Wherever "specs" occurs in the entries, copy the line that holds it.

Records supplied:

----

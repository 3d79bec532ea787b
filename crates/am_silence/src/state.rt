//! The states of a silence, by whether it has begun and whether it has ended.

ghost use Rattle.std.specs.Prelude.{◌≡◌, ◌<◌, false};
ghost use Rattle.am_silence.specs.declared.silence.Silence.{Silence};
ghost use Rattle.am_version_order.specs.Moments.{greatest};
ghost use Rattle.am_silence.specs.States.{state_of, is_expired};

use crate::silence::Silence;
use am_version_order::Moment;

/// The position of a moment relative to the start and the end of a silence.
#[derive(Clone, Copy, Debug, PartialEq, Eq)]
pub enum State {
    /// The moment is before the start.
    Pending,
    /// The moment is from the start on and before the end: the silence mutes.
    Active,
    /// The moment is from the end on.
    Expired,
}

/// Returns the state of a silence at a moment. Nothing is allocated.
pub fn state_at(silence: &Silence, now: Moment) -> State
    ensures { result ≡ state_of silence.now now }
{
    state_between(silence.starts_at, silence.ends_at, now)
}

/// Returns the state of a silence with this start and this end.
pub(crate) fn state_between(starts_at: Moment, ends_at: Moment, now: Moment) -> State
    ensures state { (silence : Silence) → starts_at ≡ silence.starts_at → ends_at ≡ silence.ends_at → result ≡ state_of silence now }
    ensures last { is_expired result ≡ false → now < greatest }
{
    if now < starts_at {
        State::Pending
    } else if now < ends_at {
        State::Active
    } else {
        State::Expired
    }
}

----

Exercise answer:
ghost use Rattle.std.specs.Prelude.{◌≡◌, ◌<◌, false};
ghost use Rattle.am_silence.specs.declared.silence.Silence.{Silence};
ghost use Rattle.am_version_order.specs.Moments.{greatest};
ghost use Rattle.am_silence.specs.States.{state_of, is_expired};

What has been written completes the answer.